__ACTIVITY__
Lines in the records below that contain the word "ReadsOn" must each be copied.

__DATA PROVIDED__
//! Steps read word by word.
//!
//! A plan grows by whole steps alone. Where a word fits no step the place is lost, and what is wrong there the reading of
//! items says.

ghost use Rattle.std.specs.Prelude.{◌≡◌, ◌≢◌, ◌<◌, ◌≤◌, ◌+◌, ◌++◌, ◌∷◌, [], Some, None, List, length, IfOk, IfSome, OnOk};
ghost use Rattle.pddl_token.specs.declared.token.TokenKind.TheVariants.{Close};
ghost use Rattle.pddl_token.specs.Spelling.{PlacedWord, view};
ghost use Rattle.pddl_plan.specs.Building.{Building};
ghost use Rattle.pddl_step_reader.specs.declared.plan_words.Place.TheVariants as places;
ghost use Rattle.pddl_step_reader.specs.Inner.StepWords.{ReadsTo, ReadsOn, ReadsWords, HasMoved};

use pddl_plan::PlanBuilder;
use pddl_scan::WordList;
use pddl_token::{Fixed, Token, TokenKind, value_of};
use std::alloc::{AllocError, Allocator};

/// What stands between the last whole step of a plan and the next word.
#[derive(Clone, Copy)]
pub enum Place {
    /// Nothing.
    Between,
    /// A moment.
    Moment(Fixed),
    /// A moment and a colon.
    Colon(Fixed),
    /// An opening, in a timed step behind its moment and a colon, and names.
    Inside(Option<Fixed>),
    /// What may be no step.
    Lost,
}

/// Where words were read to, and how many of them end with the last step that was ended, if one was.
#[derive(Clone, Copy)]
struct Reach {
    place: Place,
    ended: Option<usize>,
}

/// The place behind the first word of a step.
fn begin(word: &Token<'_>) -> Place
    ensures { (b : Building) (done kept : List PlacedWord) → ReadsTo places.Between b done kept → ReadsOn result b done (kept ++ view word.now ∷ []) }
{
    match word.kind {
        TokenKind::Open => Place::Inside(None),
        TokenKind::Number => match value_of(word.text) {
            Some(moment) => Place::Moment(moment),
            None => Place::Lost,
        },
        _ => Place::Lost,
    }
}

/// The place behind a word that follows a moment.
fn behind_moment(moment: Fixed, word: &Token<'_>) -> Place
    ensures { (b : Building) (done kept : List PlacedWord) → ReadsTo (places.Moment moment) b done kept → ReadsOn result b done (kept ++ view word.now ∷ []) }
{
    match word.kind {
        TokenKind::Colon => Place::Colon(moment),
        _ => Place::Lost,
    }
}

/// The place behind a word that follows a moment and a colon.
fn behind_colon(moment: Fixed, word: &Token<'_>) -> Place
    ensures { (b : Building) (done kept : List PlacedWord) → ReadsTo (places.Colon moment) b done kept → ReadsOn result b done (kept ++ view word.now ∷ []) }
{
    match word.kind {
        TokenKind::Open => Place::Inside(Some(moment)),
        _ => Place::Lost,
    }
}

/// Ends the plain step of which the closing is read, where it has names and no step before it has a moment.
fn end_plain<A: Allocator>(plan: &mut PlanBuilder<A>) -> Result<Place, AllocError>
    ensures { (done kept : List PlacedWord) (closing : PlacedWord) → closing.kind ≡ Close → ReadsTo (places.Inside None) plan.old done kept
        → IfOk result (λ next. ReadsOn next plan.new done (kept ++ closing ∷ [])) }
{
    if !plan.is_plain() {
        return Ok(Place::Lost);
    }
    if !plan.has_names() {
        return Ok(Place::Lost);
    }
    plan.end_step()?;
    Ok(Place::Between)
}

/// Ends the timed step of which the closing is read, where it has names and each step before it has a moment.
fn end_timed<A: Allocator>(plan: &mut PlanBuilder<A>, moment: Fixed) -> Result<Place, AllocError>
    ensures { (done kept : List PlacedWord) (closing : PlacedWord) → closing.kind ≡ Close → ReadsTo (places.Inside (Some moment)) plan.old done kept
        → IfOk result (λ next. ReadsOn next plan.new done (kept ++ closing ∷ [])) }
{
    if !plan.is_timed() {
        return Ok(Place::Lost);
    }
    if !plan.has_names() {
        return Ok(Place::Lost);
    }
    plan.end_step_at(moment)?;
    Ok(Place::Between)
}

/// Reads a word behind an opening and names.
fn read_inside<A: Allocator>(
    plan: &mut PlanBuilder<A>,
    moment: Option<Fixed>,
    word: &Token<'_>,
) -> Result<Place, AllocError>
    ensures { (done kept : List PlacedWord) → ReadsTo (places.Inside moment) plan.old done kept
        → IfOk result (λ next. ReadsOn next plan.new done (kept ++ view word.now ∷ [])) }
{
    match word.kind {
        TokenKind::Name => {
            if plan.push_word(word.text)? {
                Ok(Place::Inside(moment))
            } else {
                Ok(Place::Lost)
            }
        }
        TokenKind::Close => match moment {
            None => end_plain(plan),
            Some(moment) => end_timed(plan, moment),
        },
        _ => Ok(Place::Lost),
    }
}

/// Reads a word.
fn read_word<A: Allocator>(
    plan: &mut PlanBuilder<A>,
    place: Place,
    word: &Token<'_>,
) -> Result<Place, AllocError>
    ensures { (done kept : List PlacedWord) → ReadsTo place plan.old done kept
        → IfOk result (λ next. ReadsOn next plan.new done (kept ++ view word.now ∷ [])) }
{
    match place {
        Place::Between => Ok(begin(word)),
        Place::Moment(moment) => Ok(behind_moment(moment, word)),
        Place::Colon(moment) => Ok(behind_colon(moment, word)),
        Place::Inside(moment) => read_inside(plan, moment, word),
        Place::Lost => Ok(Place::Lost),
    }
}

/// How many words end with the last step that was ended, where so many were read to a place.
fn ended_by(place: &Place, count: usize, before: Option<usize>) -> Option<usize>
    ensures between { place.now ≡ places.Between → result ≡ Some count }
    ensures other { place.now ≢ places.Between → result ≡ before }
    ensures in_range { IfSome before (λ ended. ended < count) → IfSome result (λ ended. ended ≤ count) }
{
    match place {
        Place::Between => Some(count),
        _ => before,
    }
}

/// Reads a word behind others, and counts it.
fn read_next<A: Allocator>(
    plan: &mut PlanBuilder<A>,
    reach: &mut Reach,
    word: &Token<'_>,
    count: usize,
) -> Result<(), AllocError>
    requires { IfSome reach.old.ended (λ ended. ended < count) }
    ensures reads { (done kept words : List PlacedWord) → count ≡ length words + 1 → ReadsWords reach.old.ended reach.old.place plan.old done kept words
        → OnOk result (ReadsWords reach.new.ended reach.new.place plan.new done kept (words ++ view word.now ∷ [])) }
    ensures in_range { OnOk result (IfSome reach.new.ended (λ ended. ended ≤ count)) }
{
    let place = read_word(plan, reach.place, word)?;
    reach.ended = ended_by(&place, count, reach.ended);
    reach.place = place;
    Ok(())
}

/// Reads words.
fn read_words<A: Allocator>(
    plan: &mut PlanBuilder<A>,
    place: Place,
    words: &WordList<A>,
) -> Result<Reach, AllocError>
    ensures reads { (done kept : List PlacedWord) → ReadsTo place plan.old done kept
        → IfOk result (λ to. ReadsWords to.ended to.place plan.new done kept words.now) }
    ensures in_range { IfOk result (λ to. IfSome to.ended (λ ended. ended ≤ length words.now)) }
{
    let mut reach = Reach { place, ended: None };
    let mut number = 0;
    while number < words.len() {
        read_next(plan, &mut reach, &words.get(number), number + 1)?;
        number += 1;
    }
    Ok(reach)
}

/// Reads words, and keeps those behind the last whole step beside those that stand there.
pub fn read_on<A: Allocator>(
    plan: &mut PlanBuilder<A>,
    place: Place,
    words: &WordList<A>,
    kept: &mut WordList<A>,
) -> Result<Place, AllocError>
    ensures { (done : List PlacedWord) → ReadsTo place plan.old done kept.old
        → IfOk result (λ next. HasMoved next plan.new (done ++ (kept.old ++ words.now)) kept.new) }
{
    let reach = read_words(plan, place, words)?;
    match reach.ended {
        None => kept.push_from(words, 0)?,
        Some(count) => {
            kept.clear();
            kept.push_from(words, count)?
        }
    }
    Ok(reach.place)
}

==

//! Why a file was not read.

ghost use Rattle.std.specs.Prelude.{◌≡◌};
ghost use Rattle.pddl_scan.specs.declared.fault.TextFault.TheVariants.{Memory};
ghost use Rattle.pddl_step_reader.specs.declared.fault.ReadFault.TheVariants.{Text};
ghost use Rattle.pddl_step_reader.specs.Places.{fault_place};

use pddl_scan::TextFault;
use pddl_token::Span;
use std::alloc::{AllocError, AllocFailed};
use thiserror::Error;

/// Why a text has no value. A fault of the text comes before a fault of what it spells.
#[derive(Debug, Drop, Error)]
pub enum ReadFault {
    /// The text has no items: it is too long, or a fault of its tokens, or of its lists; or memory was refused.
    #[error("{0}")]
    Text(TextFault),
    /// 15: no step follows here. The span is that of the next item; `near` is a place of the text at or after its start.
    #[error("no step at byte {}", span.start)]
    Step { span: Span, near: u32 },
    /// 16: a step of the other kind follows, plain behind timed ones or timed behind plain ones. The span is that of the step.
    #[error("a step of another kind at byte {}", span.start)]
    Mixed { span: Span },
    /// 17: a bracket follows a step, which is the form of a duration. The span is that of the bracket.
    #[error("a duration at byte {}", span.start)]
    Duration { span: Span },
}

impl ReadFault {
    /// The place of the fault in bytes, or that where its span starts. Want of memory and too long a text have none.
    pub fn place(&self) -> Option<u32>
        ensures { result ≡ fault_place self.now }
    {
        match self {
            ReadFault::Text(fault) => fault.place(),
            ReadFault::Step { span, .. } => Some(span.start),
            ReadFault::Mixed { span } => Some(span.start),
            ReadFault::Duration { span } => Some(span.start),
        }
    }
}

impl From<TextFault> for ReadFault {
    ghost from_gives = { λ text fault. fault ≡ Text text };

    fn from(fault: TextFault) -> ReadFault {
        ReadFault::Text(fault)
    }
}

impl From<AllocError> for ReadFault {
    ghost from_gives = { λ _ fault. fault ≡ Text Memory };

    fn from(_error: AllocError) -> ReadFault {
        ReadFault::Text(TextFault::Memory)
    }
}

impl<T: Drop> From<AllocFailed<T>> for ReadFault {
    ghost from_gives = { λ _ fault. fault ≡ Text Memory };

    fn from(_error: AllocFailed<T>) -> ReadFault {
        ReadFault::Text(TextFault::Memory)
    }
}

__TASK RESULT__
ghost use Rattle.pddl_step_reader.specs.Inner.StepWords.{ReadsTo, ReadsOn, ReadsWords, HasMoved};
    ensures { (b : Building) (done kept : List PlacedWord) → ReadsTo places.Between b done kept → ReadsOn result b done (kept ++ view word.now ∷ []) }
    ensures { (b : Building) (done kept : List PlacedWord) → ReadsTo (places.Moment moment) b done kept → ReadsOn result b done (kept ++ view word.now ∷ []) }
    ensures { (b : Building) (done kept : List PlacedWord) → ReadsTo (places.Colon moment) b done kept → ReadsOn result b done (kept ++ view word.now ∷ []) }
        → IfOk result (λ next. ReadsOn next plan.new done (kept ++ closing ∷ [])) }
        → IfOk result (λ next. ReadsOn next plan.new done (kept ++ closing ∷ [])) }
        → IfOk result (λ next. ReadsOn next plan.new done (kept ++ view word.now ∷ [])) }
        → IfOk result (λ next. ReadsOn next plan.new done (kept ++ view word.now ∷ [])) }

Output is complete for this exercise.